Start of Block

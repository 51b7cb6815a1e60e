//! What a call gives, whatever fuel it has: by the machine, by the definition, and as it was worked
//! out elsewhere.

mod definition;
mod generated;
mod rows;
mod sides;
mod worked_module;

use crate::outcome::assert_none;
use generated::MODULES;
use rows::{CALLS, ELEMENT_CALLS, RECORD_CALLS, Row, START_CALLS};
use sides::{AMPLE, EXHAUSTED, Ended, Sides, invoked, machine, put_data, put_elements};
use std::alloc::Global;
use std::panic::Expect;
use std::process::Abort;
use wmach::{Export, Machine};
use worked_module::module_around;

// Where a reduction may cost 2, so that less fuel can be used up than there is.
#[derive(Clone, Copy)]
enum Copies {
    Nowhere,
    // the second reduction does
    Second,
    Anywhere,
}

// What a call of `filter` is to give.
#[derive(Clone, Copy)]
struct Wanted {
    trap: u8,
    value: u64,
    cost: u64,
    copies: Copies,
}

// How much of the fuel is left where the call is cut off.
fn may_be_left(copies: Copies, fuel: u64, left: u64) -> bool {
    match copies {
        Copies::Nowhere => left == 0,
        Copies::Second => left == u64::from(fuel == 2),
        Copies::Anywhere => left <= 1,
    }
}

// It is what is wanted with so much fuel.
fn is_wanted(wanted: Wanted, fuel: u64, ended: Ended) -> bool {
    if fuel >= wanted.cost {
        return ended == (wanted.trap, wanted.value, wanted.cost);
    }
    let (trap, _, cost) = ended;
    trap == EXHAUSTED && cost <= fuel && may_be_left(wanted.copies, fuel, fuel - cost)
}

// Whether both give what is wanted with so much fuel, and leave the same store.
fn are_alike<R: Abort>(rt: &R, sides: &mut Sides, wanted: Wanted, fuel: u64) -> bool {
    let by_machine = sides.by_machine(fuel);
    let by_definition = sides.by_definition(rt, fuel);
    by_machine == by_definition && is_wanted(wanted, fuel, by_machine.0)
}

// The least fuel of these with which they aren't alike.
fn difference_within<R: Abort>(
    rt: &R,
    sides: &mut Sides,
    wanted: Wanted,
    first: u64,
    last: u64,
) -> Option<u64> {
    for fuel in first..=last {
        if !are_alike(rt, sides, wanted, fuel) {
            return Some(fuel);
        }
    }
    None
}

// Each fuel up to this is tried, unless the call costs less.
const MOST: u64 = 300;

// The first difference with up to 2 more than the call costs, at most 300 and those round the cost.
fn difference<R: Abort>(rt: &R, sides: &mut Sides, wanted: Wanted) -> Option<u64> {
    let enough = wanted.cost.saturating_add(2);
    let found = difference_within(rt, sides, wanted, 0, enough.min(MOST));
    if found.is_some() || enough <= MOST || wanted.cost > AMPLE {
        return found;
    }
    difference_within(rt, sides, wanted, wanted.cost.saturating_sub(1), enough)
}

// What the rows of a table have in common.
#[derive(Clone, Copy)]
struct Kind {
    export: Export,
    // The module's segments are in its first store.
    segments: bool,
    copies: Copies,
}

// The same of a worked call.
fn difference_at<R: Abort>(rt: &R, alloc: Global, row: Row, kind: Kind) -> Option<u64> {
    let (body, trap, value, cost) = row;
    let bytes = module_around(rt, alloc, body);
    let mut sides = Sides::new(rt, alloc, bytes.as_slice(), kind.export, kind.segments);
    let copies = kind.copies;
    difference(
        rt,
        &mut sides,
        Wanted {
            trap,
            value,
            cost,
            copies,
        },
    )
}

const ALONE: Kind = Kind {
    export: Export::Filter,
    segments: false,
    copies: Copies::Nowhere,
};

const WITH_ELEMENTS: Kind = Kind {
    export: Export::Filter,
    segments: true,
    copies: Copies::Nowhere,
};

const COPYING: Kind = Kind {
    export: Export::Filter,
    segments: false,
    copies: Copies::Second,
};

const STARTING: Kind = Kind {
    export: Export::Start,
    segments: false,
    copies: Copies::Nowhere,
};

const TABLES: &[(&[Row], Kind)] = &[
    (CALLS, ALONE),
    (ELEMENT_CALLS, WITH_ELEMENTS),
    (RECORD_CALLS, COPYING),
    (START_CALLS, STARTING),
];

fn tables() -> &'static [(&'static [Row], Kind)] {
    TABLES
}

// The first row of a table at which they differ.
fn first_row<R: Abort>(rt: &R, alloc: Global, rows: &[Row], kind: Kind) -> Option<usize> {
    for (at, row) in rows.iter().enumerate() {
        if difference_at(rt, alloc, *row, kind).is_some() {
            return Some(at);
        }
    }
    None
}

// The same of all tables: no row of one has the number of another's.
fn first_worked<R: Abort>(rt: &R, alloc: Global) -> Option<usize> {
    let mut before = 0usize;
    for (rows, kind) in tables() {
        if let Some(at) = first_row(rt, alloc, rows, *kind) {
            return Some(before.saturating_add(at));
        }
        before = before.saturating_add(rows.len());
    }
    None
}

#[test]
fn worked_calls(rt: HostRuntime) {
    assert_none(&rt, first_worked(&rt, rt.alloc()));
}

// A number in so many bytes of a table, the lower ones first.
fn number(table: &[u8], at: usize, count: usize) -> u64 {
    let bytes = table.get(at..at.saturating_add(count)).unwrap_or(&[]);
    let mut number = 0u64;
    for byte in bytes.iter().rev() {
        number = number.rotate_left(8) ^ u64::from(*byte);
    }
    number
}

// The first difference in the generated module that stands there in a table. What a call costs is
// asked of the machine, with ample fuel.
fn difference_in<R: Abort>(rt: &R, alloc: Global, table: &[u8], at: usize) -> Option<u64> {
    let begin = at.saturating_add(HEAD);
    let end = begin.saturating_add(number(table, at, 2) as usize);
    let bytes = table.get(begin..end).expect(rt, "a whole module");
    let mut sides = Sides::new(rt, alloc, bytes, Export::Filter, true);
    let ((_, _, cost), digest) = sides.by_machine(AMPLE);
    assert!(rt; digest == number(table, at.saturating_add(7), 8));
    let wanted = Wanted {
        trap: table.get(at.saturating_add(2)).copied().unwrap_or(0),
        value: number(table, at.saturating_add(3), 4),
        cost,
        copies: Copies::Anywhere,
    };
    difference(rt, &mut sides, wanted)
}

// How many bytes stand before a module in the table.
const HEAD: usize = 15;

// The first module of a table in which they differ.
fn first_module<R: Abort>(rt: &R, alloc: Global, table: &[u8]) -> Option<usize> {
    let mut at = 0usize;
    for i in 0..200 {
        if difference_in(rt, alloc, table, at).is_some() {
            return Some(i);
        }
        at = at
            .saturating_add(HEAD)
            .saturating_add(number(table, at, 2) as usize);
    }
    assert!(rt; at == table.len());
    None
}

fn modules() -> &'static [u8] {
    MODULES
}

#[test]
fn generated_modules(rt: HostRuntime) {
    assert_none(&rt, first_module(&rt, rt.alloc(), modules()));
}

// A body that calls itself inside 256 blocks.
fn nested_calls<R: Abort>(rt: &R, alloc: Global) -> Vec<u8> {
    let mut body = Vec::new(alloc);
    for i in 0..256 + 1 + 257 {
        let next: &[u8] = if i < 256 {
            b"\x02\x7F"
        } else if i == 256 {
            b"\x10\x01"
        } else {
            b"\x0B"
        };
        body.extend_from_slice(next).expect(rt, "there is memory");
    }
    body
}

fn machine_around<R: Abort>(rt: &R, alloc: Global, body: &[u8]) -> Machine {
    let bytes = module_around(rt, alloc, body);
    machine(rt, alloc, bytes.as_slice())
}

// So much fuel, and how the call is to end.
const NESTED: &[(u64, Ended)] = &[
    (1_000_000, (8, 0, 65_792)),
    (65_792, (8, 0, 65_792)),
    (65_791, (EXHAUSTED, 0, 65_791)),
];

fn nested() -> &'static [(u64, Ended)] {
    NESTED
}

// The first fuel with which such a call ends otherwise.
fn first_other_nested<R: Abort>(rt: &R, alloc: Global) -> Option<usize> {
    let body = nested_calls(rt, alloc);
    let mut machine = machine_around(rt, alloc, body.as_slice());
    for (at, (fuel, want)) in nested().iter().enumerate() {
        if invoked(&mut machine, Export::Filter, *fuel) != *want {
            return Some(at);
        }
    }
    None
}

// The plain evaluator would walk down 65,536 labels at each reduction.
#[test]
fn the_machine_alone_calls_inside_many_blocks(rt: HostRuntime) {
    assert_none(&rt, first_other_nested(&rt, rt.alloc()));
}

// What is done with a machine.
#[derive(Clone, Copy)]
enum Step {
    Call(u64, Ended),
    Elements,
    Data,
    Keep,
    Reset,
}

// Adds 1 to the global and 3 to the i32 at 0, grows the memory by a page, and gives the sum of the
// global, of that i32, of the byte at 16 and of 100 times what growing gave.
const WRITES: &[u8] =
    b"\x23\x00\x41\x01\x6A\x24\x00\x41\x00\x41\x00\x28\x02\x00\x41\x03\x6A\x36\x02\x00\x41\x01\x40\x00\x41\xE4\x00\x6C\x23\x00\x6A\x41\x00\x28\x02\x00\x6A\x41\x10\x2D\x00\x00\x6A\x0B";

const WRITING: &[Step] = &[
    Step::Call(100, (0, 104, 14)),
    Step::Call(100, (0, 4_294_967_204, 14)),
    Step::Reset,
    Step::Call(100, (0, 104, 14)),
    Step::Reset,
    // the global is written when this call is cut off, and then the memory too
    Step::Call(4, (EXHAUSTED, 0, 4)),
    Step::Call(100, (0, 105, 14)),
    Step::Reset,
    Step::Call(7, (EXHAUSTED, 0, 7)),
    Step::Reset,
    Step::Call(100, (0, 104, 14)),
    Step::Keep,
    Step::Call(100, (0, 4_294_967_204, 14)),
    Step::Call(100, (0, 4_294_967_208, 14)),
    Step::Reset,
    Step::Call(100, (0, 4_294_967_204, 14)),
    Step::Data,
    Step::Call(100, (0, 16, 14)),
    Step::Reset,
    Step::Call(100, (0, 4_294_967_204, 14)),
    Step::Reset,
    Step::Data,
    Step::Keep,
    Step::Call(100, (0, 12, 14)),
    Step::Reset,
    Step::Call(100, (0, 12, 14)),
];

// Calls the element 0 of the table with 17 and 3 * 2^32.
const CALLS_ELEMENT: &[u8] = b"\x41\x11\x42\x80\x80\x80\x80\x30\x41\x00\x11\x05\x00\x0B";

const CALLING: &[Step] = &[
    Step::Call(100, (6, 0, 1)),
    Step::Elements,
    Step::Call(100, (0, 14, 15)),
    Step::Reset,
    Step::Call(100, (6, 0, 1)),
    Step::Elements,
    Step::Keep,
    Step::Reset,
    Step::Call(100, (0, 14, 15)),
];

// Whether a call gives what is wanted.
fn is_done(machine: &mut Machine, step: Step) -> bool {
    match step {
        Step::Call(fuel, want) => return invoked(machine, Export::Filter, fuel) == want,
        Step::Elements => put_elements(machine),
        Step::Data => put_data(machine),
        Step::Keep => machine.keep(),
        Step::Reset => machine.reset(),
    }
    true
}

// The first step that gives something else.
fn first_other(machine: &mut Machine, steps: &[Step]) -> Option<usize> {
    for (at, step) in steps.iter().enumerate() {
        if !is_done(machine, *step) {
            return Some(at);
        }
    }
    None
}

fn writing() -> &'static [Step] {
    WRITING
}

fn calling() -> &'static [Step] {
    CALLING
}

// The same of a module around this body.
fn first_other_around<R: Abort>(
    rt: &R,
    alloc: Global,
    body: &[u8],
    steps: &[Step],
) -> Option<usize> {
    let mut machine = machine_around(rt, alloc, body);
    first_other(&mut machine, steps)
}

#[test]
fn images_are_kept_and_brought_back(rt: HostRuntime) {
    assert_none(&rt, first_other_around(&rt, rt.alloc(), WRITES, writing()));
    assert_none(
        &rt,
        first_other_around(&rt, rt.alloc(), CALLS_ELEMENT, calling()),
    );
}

End of Block
Start of Block

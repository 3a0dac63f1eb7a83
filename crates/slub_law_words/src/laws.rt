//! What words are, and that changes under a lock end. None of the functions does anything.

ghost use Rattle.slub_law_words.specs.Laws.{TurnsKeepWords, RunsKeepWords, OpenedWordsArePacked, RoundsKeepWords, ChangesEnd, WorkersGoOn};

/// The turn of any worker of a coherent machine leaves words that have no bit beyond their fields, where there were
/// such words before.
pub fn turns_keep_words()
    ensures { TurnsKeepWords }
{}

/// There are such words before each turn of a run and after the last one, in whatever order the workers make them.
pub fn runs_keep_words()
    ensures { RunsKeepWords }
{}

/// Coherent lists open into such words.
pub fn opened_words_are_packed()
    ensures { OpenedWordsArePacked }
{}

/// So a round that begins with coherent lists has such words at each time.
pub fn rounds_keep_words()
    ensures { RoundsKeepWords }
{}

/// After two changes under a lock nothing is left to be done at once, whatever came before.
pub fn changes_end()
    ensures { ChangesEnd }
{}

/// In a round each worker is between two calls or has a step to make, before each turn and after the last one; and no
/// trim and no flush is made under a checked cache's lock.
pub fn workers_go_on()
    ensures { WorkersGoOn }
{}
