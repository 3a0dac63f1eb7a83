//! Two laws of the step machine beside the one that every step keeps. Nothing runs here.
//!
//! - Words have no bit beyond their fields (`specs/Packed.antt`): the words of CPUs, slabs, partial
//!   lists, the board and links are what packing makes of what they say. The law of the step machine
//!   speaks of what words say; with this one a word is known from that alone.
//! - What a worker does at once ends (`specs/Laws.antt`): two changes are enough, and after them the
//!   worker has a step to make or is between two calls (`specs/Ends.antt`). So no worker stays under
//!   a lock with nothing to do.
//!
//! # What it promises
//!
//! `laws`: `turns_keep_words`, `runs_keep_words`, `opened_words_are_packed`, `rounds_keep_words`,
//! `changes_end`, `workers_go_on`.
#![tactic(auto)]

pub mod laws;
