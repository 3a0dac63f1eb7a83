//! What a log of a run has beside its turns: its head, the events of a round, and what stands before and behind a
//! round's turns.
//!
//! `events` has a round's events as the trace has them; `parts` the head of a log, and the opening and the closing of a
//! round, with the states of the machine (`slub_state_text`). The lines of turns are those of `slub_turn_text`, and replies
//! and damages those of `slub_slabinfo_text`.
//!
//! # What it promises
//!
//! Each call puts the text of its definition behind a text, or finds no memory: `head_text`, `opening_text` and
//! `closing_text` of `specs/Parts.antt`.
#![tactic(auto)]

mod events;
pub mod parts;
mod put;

End of Block
Start of Block

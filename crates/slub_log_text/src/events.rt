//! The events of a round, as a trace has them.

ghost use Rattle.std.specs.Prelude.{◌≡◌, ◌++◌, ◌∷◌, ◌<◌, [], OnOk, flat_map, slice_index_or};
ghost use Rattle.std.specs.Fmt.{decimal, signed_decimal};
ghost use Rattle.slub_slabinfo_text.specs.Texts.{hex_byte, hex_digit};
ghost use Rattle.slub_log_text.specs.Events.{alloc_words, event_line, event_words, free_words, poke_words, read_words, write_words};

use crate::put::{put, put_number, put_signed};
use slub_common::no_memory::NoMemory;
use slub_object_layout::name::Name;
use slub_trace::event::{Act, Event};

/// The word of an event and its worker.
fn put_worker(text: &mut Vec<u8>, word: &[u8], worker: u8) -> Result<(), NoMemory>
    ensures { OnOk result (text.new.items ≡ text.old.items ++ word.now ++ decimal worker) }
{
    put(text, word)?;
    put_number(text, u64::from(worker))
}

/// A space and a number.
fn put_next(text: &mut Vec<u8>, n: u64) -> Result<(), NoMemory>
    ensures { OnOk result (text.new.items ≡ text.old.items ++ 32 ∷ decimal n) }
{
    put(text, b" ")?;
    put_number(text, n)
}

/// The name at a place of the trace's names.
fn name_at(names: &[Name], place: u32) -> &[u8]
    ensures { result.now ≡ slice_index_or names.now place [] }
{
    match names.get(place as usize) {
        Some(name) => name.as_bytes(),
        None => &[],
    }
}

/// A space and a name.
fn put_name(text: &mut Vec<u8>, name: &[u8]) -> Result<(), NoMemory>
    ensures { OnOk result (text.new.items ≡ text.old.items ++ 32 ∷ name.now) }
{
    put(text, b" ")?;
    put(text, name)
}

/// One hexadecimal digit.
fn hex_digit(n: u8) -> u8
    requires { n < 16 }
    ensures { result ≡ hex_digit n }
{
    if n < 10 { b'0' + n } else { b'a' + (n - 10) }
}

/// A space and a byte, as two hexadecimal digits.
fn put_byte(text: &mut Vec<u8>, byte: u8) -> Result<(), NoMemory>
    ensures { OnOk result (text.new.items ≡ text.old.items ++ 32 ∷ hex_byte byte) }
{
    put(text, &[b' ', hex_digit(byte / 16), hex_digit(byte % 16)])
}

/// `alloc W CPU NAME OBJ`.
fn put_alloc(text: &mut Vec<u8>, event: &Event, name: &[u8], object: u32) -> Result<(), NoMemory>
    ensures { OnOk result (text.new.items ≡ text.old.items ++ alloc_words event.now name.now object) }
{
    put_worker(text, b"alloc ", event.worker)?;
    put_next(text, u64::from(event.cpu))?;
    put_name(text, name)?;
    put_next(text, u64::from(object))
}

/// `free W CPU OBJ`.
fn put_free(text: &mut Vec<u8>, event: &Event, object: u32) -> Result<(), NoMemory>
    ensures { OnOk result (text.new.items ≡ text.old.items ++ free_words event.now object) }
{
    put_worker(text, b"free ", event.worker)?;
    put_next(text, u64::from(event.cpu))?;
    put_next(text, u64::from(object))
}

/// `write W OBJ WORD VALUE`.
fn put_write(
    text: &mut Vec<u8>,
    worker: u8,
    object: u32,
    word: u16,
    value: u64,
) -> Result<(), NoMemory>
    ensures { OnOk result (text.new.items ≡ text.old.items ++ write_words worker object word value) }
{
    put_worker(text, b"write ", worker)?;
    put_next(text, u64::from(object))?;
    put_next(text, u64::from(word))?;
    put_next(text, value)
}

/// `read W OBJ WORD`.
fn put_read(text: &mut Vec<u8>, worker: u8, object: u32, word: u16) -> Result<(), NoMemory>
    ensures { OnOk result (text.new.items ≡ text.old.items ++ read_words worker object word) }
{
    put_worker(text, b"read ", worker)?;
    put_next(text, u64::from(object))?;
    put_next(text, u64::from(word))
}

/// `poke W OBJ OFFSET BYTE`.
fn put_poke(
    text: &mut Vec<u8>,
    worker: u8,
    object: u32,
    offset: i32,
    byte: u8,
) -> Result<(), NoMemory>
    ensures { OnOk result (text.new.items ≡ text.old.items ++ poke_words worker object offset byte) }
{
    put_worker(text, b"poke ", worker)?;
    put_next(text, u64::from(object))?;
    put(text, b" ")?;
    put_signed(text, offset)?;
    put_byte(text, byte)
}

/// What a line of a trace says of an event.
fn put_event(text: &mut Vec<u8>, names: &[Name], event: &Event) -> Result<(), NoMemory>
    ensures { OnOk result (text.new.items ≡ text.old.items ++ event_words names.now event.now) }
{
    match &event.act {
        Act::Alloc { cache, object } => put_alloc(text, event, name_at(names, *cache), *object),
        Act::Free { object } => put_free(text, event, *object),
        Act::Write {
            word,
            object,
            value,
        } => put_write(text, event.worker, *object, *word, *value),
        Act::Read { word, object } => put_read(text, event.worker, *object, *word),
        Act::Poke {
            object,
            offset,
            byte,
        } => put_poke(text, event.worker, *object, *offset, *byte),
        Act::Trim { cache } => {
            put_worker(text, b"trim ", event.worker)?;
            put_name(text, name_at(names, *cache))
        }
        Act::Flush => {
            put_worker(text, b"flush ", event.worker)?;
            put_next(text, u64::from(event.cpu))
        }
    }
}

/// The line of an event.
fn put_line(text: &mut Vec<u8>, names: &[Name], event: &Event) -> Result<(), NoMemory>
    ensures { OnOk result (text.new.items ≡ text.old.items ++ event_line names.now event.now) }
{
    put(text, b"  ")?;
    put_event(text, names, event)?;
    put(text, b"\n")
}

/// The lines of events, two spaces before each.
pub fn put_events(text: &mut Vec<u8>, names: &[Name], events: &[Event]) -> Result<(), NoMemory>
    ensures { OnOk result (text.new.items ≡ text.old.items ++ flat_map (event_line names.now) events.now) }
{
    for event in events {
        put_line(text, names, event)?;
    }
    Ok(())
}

End of Block

Find the lines above that hold "beside", then copy each of them.

//! Two laws of the step machine beside the one that every step keeps. Nothing runs here.
//! What a log of a run has beside its turns: its head, the events of a round, and what stands before and behind a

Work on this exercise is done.